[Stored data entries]
BEGIN
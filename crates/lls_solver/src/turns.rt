// Turns of searchers, one after the other.
ghost use Rattle.std.specs.Prelude.{◌≡◌, ◌≤◌, ◌<◌, Ok, Some, None, OnErr};
ghost use Rattle.lls_solver.specs.Searching.{additions, IsLogWithin, IsOutcome, IsUnderWay, KeepsAll};

use crate::outcome::Outcome;
use crate::searcher::{Searcher, Turn};
use crate::solving::MOST_BUDGET;
use lls_base::Memory;
use lls_cnf::Formula;
use lls_prooflog::Log;
use lls_store::Store;
use std::alloc::Global;

// So many literals one searcher puts on its trail before another one comes to it.
const ALONE: u64 = 1 << 21;

/// Which of two searchers ended, and with what.
#[derive(Debug, Drop)]
pub(crate) enum Ended {
    First(Outcome),
    Second(Outcome),
}

// Takes a turn, and tidies up behind it. None where the search goes on.
fn go_on<S: Store>(
    alloc: Global,
    formula: &Formula,
    searcher: &mut Searcher<S>,
    log: &mut Log,
    budget: u32,
    keep_all: bool,
) -> Result<Option<Outcome>, Memory>
    requires under_way { IsUnderWay formula.now budget keep_all log.old.steps searcher.old }
    requires budget { budget ≤ MOST_BUDGET }
    ensures under_way { result ≡ Ok None → IsUnderWay formula.now budget keep_all log.new.steps searcher.new }
    ensures more { result ≡ Ok None → additions log.old.steps < additions log.new.steps }
    ensures ended { (outcome : Outcome) → result ≡ Ok (Some outcome) → IsOutcome formula.now budget keep_all log.new.steps (Ok outcome) }
    ensures err { OnErr result (IsLogWithin formula.now budget log.new.steps) }
    ensures err_kept { OnErr result (KeepsAll keep_all log.new.steps) }
{
    match searcher.turn(alloc, formula, log, budget)? {
        Turn::Complete => Ok(Some(Outcome::Sat(searcher.assignment(alloc, formula)?))),
        Turn::Learnt => {
            searcher.tidy(alloc, formula, log, keep_all)?;
            Ok(None)
        }
        Turn::Refuted => Ok(Some(Outcome::Unsat)),
        Turn::Spent => Ok(Some(Outcome::Undecided)),
    }
}

/// Lets a searcher take turns until every variable has a value, the empty clause is derived, or the budget is spent.
pub(crate) fn take_turns<S: Store>(
    alloc: Global,
    formula: &Formula,
    searcher: &mut Searcher<S>,
    log: &mut Log,
    budget: u32,
    keep_all: bool,
) -> Result<Outcome, Memory>
    requires under_way { IsUnderWay formula.now budget keep_all log.old.steps searcher.old }
    requires budget { budget ≤ MOST_BUDGET }
    ensures { IsOutcome formula.now budget keep_all log.new.steps result }
{
    loop {
        if let Some(outcome) = go_on(alloc, formula, searcher, log, budget, keep_all)? {
            return Ok(outcome);
        }
    }
}

/// Lets a searcher take turns as long as it may be alone. None where it wasn't done then.
pub(crate) fn begin<S: Store>(
    alloc: Global,
    formula: &Formula,
    searcher: &mut Searcher<S>,
    log: &mut Log,
    budget: u32,
    keep_all: bool,
) -> Result<Option<Outcome>, Memory>
    requires under_way { IsUnderWay formula.now budget keep_all log.old.steps searcher.old }
    requires budget { budget ≤ MOST_BUDGET }
    ensures under_way { result ≡ Ok None → IsUnderWay formula.now budget keep_all log.new.steps searcher.new }
    ensures ended { (outcome : Outcome) → result ≡ Ok (Some outcome) → IsOutcome formula.now budget keep_all log.new.steps (Ok outcome) }
    ensures err { OnErr result (IsLogWithin formula.now budget log.new.steps) }
    ensures err_kept { OnErr result (KeepsAll keep_all log.new.steps) }
{
    while searcher.effort() < ALONE {
        if let Some(outcome) = go_on(alloc, formula, searcher, log, budget, keep_all)? {
            return Ok(Some(outcome));
        }
    }
    Ok(None)
}

/// Lets two searchers go on by turns, each over a log of its own, until one of them ends. Each turn is a quarter longer than the one before, so
/// the one that ends has had at least four ninths of the literals that both forced.
pub(crate) fn race<S: Store, T: Store>(
    alloc: Global,
    formula: &Formula,
    first: &mut Searcher<S>,
    log: &mut Log,
    second: &mut Searcher<T>,
    other: &mut Log,
    budget: u32,
    keep_all: bool,
) -> Result<Ended, Memory>
    requires first { IsUnderWay formula.now budget keep_all log.old.steps first.old }
    requires second { IsUnderWay formula.now budget keep_all other.old.steps second.old }
    requires budget { budget ≤ MOST_BUDGET }
    ensures first { (outcome : Outcome) → result ≡ Ok (Ended.First outcome) → IsOutcome formula.now budget keep_all log.new.steps (Ok outcome) }
    ensures first_left { (outcome : Outcome) → result ≡ Ok (Ended.Second outcome) → IsUnderWay formula.now budget keep_all log.new.steps first.new }
    ensures second { (outcome : Outcome) → result ≡ Ok (Ended.Second outcome) → IsOutcome formula.now budget keep_all other.new.steps (Ok outcome) }
    ensures second_left { (outcome : Outcome) → result ≡ Ok (Ended.First outcome) → IsUnderWay formula.now budget keep_all other.new.steps second.new }
    ensures err { OnErr result (IsLogWithin formula.now budget log.new.steps) }
    ensures err_kept { OnErr result (KeepsAll keep_all log.new.steps) }
{
    let mut limit = ALONE;
    loop {
        if first.effort() < limit {
            if let Some(outcome) = go_on(alloc, formula, first, log, budget, keep_all)? {
                return Ok(Ended::First(outcome));
            }
        } else {
            if let Some(outcome) = go_on(alloc, formula, second, other, budget, keep_all)? {
                return Ok(Ended::Second(outcome));
            }
            if second.effort() >= limit {
                limit = limit.saturating_add(limit / 4);
            }
        }
    }
}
END
The string "until" marks the lines to copy; report each of them from the data above.

/// Lets a searcher take turns until every variable has a value, the empty clause is derived, or the budget is spent.
/// Lets two searchers go on by turns, each over a log of its own, until one of them ends. Each turn is a quarter longer than the one before, so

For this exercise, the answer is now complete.